19-year-old vulnerability in WinRAR finally fixed
Flaw affecting 500 million users could enable hackers to execute remote code
Security researchers have discovered a bug in the WinRAR file compression application that can allow hackers to execute code remotely. The flaw has existed in all versions of the software for the last 19 years.
According to a blog post by researchers at Check Point Software, the exploit works by just extracting an archive, and puts over 500 million users at risk.
"We found a logical bug using the WinAFL fuzzer and exploited it in WinRAR to gain full control over a victim's computer," said Nadav Grossman of Check Point Software.
"The exploit works by just extracting an archive and puts over 500 million users at risk. This vulnerability has existed for over 19 years(!) and forced WinRAR to completely drop support for the vulnerable format."
The flaw exists in the UNACEV2.DLL library included with all WinRAR versions. This library is used for parsing ACE (a data compression archive file format) archives.
Researchers found a path-traversal flaw that enables hackers to extract executable files into a computer's startup folder. This means that programs would run automatically whenever a system is booted up.
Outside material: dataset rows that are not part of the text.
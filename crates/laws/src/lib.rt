// The general laws: lists, ranges, strings, tables, machines, writing to a buffer. It knows nothing
// of Hangul nor of any encoding, and has no code: definitions stand in specs/, laws in proofs/.
#![tactic(auto)]
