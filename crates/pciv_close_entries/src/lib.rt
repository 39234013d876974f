// Close over a slice of entry structs (docs/FORMAT.md, "Writing"): as pciv_close, with the entries in one list.
// One pass over the entries and a count of the bytes 255 decide refusals 6 and 7; only where the count is off
// does a search between the entries look for the least slot without one. Then the file is written.
#![tactic(auto)]

ghost use Rattle.std.specs.Prelude.{IfOk, ◌≡◌, ◌+◌, ◌*◌, ◌≤◌, length};
ghost use Rattle.std.proofs.lemmas.List.Edits.{sets};
ghost use Rattle.pciv_bytes.specs.Ranges.{first_below};
ghost use Rattle.pciv_format.specs.Layout.{max_slots, at};
ghost use Rattle.pciv_format.specs.Parts.{bad_slot, EntriesRight, SoundParts};
ghost use Rattle.pciv_format.specs.Write.{close_outcome, close_buffer};
ghost use Rattle.pciv_close.specs.Close.{entries_from, parts_outcome, parts_buffer};
ghost use Rattle.pciv_close_entries.specs.Passes.{slots_of, distances_of, parts_of, entries_verdict, slots_verdict};
ghost use Rattle.pciv_close_entries.specs.Passes.{SmallDistances};

use pciv_build::{begin, finish, put_entry};
use pciv_bytes::copies::copy_bytes;
use pciv_bytes::find::find_byte;
use pciv_format::{Entry, HEADER_LEN, MAX_SLOTS, Refusal, RefusalKind, SENTINEL, Summary};
use pciv_layout::entries::wrong_entry;
use pciv_layout::refusals::refuse;
use pciv_map::totals::summary_of;
use pciv_passes::counts::count_byte;

// ---- what is refused

// Refusal 6, at the least entry that is wrong. Where there is none, each distance was read, and so is below 2^32.
fn check_entries(primary: &[u8], entries: &[Entry]) -> Result<(), Refusal>
    ensures answer { result ≡ entries_verdict (parts_of primary.now entries.now) }
    ensures small { IfOk result (λ _. SmallDistances entries.now) }
{
    let mut lowest: usize = 0;
    for (j, e) in entries.iter().enumerate() {
        let slot = e.slot as usize;
        if wrong_entry(primary, lowest, slot, e.distance) {
            return refuse(RefusalKind::BadOverflowEntry, 1, j);
        }
        lowest = slot + 1;
    }
    Ok(())
}

// The least slot with byte 255 that no entry has, or n, by a search between the entries.
fn search_slots(primary: &[u8], entries: &[Entry]) -> usize
    requires { EntriesRight (parts_of primary.now entries.now) }
    ensures { result ≡ first_below (bad_slot (parts_of primary.now entries.now)) (length primary.now) }
{
    let mut from: usize = 0;
    for e in entries {
        let slot = e.slot as usize;
        let full = find_byte(primary, from, slot, SENTINEL);
        if full < slot {
            return full;
        }
        from = slot + 1;
    }
    find_byte(primary, from, primary.len(), SENTINEL)
}

// Refusal 7, at that slot; where the bytes 255 are as many as the entries, each has one.
fn check_slots(primary: &[u8], entries: &[Entry]) -> Result<(), Refusal>
    requires { EntriesRight (parts_of primary.now entries.now) }
    ensures { result ≡ slots_verdict (parts_of primary.now entries.now) }
{
    if count_byte(primary, SENTINEL) == entries.len() {
        return Ok(());
    }
    let slot = search_slots(primary, entries);
    if slot < primary.len() {
        return refuse(RefusalKind::MissingOverflowEntry, 1, slot);
    }
    Ok(())
}

// ---- what is written

// The entries in their order, from `start` on.
fn put_entries(out: &mut [u8], start: usize, entries: &[Entry])
    requires { start + 12 * length entries.now ≤ length out.old }
    ensures { out.new ≡ sets out.old start (entries_from (at (slots_of entries.now)) (at (distances_of entries.now)) 0 (length entries.now)) }
{
    for (j, e) in entries.iter().enumerate() {
        put_entry(out, start + 12 * j, e.slot as usize, e.distance);
    }
}

// The file of sound parts. Refusal: 12.
fn put_file(out: &mut [u8], primary: &[u8], entries: &[Entry]) -> Result<Summary, Refusal>
    requires primary_len_bound { length primary.now ≤ max_slots }
    requires sound_parts { SoundParts (parts_of primary.now entries.now) }
    requires small { SmallDistances entries.now }
    ensures answer { result ≡ parts_outcome (parts_of primary.now entries.now) (length out.old) }
    ensures buffer { out.new ≡ parts_buffer (parts_of primary.now entries.now) out.old }
{
    let n = primary.len();
    let k = entries.len();
    let counts = begin(out, n, k)?;
    copy_bytes(primary, out, HEADER_LEN);
    put_entries(out, HEADER_LEN + n, entries);
    finish(out, n, k);
    Ok(summary_of(out, counts))
}

// As `close`, with the entries as structs.
#[tactic(auto, unfolding(pciv_format::specs::Write::close_outcome, pciv_format::specs::Write::close_buffer))]
pub fn close_entries(primary: &[u8], entries: &[Entry], out: &mut [u8]) -> Result<Summary, Refusal>
    ensures answer { result ≡ close_outcome primary.now (slots_of entries.now) (distances_of entries.now) (length out.old) }
    ensures buffer { out.new ≡ close_buffer primary.now (slots_of entries.now) (distances_of entries.now) out.old }
{
    if MAX_SLOTS < primary.len() {
        return refuse(RefusalKind::TooManySlots, 1, 0);
    }
    check_entries(primary, entries)?;
    check_slots(primary, entries)?;
    put_file(out, primary, entries)
}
All an attacker has to do is make a victim open a malicious archive file using WinRAR.
In response, WinRAR has dropped UNACEV2.dll from their package to fix the problem and has released WINRar version 5.70 beta 1 that doesn't support the ACE format. vWinRAR said that UNACEV2.DLL had not been updated since 2005 and it no longer has access to its source code.
The flaw is tracked under the CVE-2018-20250, CVE-2018-20251, CVE-2018-20252, and CVE-2018-20253 identifiers.
Windows users are advised to install the latest version of WinRAR as soon as possible and avoid opening files received from unknown sources.